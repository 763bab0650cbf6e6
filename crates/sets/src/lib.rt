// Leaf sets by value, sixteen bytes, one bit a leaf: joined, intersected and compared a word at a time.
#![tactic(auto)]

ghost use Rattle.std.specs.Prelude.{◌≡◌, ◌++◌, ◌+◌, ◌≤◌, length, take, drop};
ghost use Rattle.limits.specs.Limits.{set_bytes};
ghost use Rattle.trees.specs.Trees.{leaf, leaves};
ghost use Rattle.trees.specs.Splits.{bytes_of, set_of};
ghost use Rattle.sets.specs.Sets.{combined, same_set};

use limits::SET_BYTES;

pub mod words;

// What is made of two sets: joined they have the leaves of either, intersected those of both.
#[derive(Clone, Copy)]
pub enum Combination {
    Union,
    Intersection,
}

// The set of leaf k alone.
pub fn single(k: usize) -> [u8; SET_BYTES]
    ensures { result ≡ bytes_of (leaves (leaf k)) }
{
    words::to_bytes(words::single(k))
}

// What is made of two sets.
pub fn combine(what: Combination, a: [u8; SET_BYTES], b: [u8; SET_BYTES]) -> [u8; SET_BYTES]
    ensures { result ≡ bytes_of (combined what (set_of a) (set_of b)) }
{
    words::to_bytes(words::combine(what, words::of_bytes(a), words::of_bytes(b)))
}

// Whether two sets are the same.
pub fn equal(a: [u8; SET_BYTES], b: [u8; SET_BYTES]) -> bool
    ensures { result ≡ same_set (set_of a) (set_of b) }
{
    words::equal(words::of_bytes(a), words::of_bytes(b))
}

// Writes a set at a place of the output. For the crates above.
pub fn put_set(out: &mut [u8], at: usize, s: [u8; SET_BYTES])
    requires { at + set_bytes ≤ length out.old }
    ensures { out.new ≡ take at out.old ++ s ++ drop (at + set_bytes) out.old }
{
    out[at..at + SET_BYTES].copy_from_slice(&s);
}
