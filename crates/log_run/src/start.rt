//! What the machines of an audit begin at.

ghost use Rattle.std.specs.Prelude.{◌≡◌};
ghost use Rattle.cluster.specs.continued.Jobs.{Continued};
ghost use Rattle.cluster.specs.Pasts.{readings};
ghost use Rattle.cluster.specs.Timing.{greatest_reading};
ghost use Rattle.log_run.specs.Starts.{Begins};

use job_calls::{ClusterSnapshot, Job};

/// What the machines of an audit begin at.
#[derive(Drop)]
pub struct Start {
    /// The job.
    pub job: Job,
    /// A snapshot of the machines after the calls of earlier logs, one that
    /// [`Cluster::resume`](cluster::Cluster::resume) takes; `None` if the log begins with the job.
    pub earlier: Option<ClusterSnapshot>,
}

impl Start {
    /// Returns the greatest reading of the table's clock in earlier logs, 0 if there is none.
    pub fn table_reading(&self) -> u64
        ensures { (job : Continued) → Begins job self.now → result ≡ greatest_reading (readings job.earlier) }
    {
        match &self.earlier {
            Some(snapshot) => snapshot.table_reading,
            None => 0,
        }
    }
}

━━━━━━

### Aim of the exercise
Copy each line of the material where "ClusterSnapshot" is found.

### Exercise solution
use job_calls::{ClusterSnapshot, Job};
    pub earlier: Option<ClusterSnapshot>,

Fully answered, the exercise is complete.